__DIRECTIONS__. Reprint the entries without altering anything.

[Extracted data entries]
//! An input, with the settings under which it is read.
use smithy_json_settings::Settings;

/// The bytes of an input, and the settings under which they are read.
#[derive(Clone, Copy)]
pub struct Input<'a> {
    pub bytes: &'a [u8],
    pub settings: Settings,
}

__TASK RESULT__.
//! An input, with the settings under which it is read.
use smithy_json_settings::Settings;

/// The bytes of an input, and the settings under which they are read.
#[derive(Clone, Copy)]
pub struct Input<'a> {
    pub bytes: &'a [u8],
    pub settings: Settings,
}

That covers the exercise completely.